The strengths of the volume stem from showing the connections between England and Padua related to medical humanism and anatomy, in addition to the strong presence of Paduan alumni in the Royal College of Physicians, as demonstrated in the chapter by Gaetano Thiene and Linda Luxon. As such, the links and influence between Padua and England are still not fully fleshed out. Arguably, Da Monte’s descriptions of disease and therapy derived from clinical observations conducted in the hospital of San Francesco and described in his Consilia – which were published posthumously with the help of Girolamo Donzellini, who was executed for heresy in Venice in 1587, accused of relapsing into Protestantism – are just as monumental as the visually stunning anatomy books of Vesalius and his successors. Da Monte, however, is mentioned only in Nutton’s conclusion and we are left only to wonder if English students were inspired by his hands-on approach. While much is made of the revival of Galenism at the beginning of the sixteenth century, the later Hippocratism of Girolamo Mercuriale and his application of ancient works on epidemics to contemporary plagues goes unmentioned. Numerous other questions remain unanswered. Did Padua’s orto botanico, which was the first of its kind among Renaissance universities, influence and inspire English students? Did English students import theories of method and diagnosis developed in Padua? Did English students react to the Averroism and rich studies of Arabic authors that flourished in Padua and its environs? Can Robert Fludd’s writings be reconciled or contrasted with what he encountered there? Was the exchange unidirectional, or did the English influence their Italian hosts? In the end, more questions arise than are fully answered by this book.

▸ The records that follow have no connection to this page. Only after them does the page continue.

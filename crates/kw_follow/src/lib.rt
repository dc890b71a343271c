//! What follows a call over the table that threads share: one event of it at a time.
//!
//! Code follows a seat with a `Local`, which is what the seat knows but for the number of its calls
//! and the pairs of a scan. The functions here make one event of a pass each, and bring the local
//! up to it by the core's `operation` and `resume`: `begin` a call's first one, `go` those in the
//! middle of it, `clear` the one at the end of a scan, and `end` the last one. `go_along` makes
//! those on the way to a row and at its entries, `go_guess` the first one of a way that begins at a
//! guessed row, `go_draw` those by which a scan gets its version, `go_put` those of a put at its
//! row, `Cursor` those of a reader along the list of its row and of a put that goes by cells there,
//! `go_remembered` those at the cells that a reader remembers and did not reach there, `go_build`,
//! `go_build_guess` and `go_finish` those that most rebalances have, and `go_anew` those by which a
//! call enters anew: each by its own step of the table. A rebalance asks the seats by `go_ask`,
//! gathers the row at hand by `reach_next` and `gather_cell`, asks rows by a `Search`, and writes a
//! new row by `write_row`, many events at once. A get that sees nothing on its way leaves its local
//! at rest and goes by a `Way`, which `end_resting` ends.
//!
//! `specs/Following.antt` says what it is to follow a pass and what it is that a pass went on,
//! `specs/Calling.antt` how the calls of a pass go on, and `specs/OwnEvents.antt` which events it
//! made. The crates that put stages of a call together from single events stand beside each other
//! on this one, and know the table by these contracts alone. Nothing here takes memory.
#![tactic(auto)]

mod along;
mod asking;
mod building;
mod cursor;
mod drawing;
mod engaging;
mod gathering;
mod going;
mod putting;
mod reading;
mod replacing;
mod row_gathering;
mod row_writing;
mod seeking;
mod way;

pub use along::{
    go_along, go_guess, go_guessed_least, load_entry, load_row_least, load_row_link, see_entry,
    see_row_least, see_row_link,
};
pub use asking::{asks_seat, go_ask};
pub use building::{go_build, go_build_guess};
pub use cursor::Cursor;
pub use drawing::go_draw;
pub use going::{begin, clear, end, go};
pub use putting::{go_put, see_insert_key, see_insert_link};
pub use reading::{go_remembered, go_to_left_over};
pub use replacing::{go_anew, go_finish};
pub use row_gathering::{Hand, gather_cell, reach_next};
pub use row_writing::write_row;
pub use seeking::{Search, is_in_use};
pub use way::{Way, end_resting};
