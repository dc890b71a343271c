//! How fast the map's calls are, by one thread, two and four on one map, how fast lines are read
//! and answers printed, and how fast an index is.
//!
//! With a number N the program makes N calls of each kind on one row of a map, for rows of a
//! quarter of their cells to all, of different keys and of one key, and for rows that were built
//! with half of their cells. It prints a table of what a call took, in nanoseconds, and of those
//! that read what it took each of two threads and of four that made N at once, and how many calls
//! they made in the time in which one made a hundred.
//!
//! Then it does the same on a map of many rows, whose full rows are replaced meanwhile: N puts, N
//! gets, and N of both in turn, which threads share; and a tenth as many sums of a thousand keys,
//! alone and while three other threads put. It fills such a map by rising, falling and random keys,
//! N at most, until a put is refused, and prints what a put took as more and more rows were in use.
//! And it lets keys come and go, by one thread and by four: a window of rising keys, series of
//! minutes, keys in disorder, and random keys that are all put and all deleted. It puts N of the
//! first, and prints what a call took, how many of the rows were in use after a tenth of the puts
//! and at the end, and how many calls were refused.
//!
//! Then it reads an input of N lines, or of as many as an input may have, and prints an answer to
//! each, with no map. At last it asks an index of few entries, one of some and one of many for N
//! keys, and plain slices of the same entries, by one thread and by four.
//!
//! All figures of a run come from that run, so its ratios can be compared where its times cannot.
//! Without a number it says how it is used. Which calls are made is said in `kw_loads`, and how
//! they are timed in `kw_timing`; here is what is printed. Nothing is promised of the figures; the
//! calls are those of `kw_map`, `kw_line` and `kw_index`, by their contracts.
#![tactic(auto)]

mod figures;
mod map_figures;

use crate::figures::{
    given_calls, print_guesses, print_heads, print_lines, print_puts, print_reads, print_usage,
};
use crate::map_figures::{
    print_fill, print_fill_heads, print_map, print_moving, print_moving_heads, print_sums,
};
use kw_loads::asking::{Reading, Task};
use kw_loads::load::{Keys, Load};
use kw_loads::map_load::{Order, PUTS_A_SUM};
use kw_loads::moving::Moving;
use kw_timing::fill_timing::time_fill;
use kw_timing::index_timing::time_guesses;
use kw_timing::lines::time_lines;
use kw_timing::map_timing::time_map;
use kw_timing::moving_timing::time_moving;
use kw_timing::sum_timing::time_sums;
use kw_timing::timing::{time_puts, time_reads};
use kw_words::sizes::CELL_COUNT;
use std::io;
use std::process::ExitCode;
use std::sync::Wait;
use std::thread::Threads;
use std::time::Clock;

fn main(rt: HostRuntime) -> ExitCode {
    match run(&rt, &rt) {
        Ok(()) => ExitCode::SUCCESS,
        Err(_) => ExitCode::FAILURE,
    }
}

/// Takes all figures and prints them, or says how the program is used.
fn run<T: Threads + Wait + Clock + Sync>(rt: &HostRuntime, threads: &T) -> io::Result<()> {
    let Some(calls) = given_calls(rt)? else {
        return print_usage(rt);
    };
    print_heads(rt)?;
    for quarters in 1..=4 {
        time_load(rt, threads, Keys::Different, quarters, calls)?;
        time_load(rt, threads, Keys::One, quarters, calls)?;
        time_load(rt, threads, Keys::HalfBuilt, quarters, calls)?;
    }
    time_many_rows(rt, threads, calls)?;
    print_lines(rt, time_lines(rt, rt.alloc(), calls)?)?;
    print_guesses(rt, time_guesses(threads, rt.alloc(), 10, calls)?)?;
    print_guesses(rt, time_guesses(threads, rt.alloc(), 1_000, calls)?)?;
    print_guesses(rt, time_guesses(threads, rt.alloc(), 16_384, calls)?)
}

// Takes the figures of a row of so many quarters of its cells, and prints a line for each. No row
// has fewer cells than it was built with, and one that has no more is given none.
fn time_load<T: Threads + Wait + Clock + Sync>(
    rt: &HostRuntime,
    threads: &T,
    keys: Keys,
    quarters: u32,
    calls: u32,
) -> io::Result<()> {
    let load = Load {
        cells: (CELL_COUNT / 4).saturating_mul(quarters),
        keys,
    };
    if load.cells < load.built() {
        return Ok(());
    }
    let gets = Task {
        load,
        reading: Reading::Gets,
        calls,
    };
    let scans = Task {
        load,
        reading: Reading::Scans,
        calls,
    };
    print_reads(rt, "get", load, time_reads(threads, rt.alloc(), gets)?)?;
    print_reads(rt, "scan", load, time_reads(threads, rt.alloc(), scans)?)?;
    if load.cells == load.built() {
        return Ok(());
    }
    print_puts(rt, load, time_puts(threads, rt.alloc(), load, calls)?)
}

// Takes the figures of maps of many rows, and prints them.
fn time_many_rows<T: Threads + Wait + Clock + Sync>(
    rt: &HostRuntime,
    threads: &T,
    calls: u32,
) -> io::Result<()> {
    print_map(rt, time_map(threads, rt.alloc(), calls)?)?;
    print_sums(rt, time_sums(threads, rt.alloc(), calls / PUTS_A_SUM)?)?;
    print_fill_heads(rt)?;
    print_fill(rt, time_fill(threads, rt.alloc(), Order::Rising, calls)?)?;
    print_fill(rt, time_fill(threads, rt.alloc(), Order::Falling, calls)?)?;
    print_fill(rt, time_fill(threads, rt.alloc(), Order::Random, calls)?)?;
    print_moving_heads(rt)?;
    time_both(rt, threads, Moving::Window, calls)?;
    time_both(rt, threads, Moving::Series, calls / 20)?;
    time_both(rt, threads, Moving::Disorder, calls)?;
    time_both(rt, threads, Moving::Random, calls / 20)
}

// Takes the figures of so many puts of keys that come and go, by one thread and by four, and prints
// a line for each.
fn time_both<T: Threads + Wait + Clock + Sync>(
    rt: &HostRuntime,
    threads: &T,
    moving: Moving,
    puts: u32,
) -> io::Result<()> {
    print_moving(rt, time_moving(threads, rt.alloc(), moving, 1, puts)?)?;
    print_moving(rt, time_moving(threads, rt.alloc(), moving, 4, puts)?)
}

Beautiful illustrations, including colour reproductions of Harvey’s diploma, fill this lavishly produced volume. It is a shame, however, that the same degree of attention given to the book’s production was not extended to improve the copyediting and revise a number of the chapters that appear to have changed little from their original form as conference papers. The collected efforts do well to point to a promising subject, but the notable gaps mean that there is far more to write on the subject.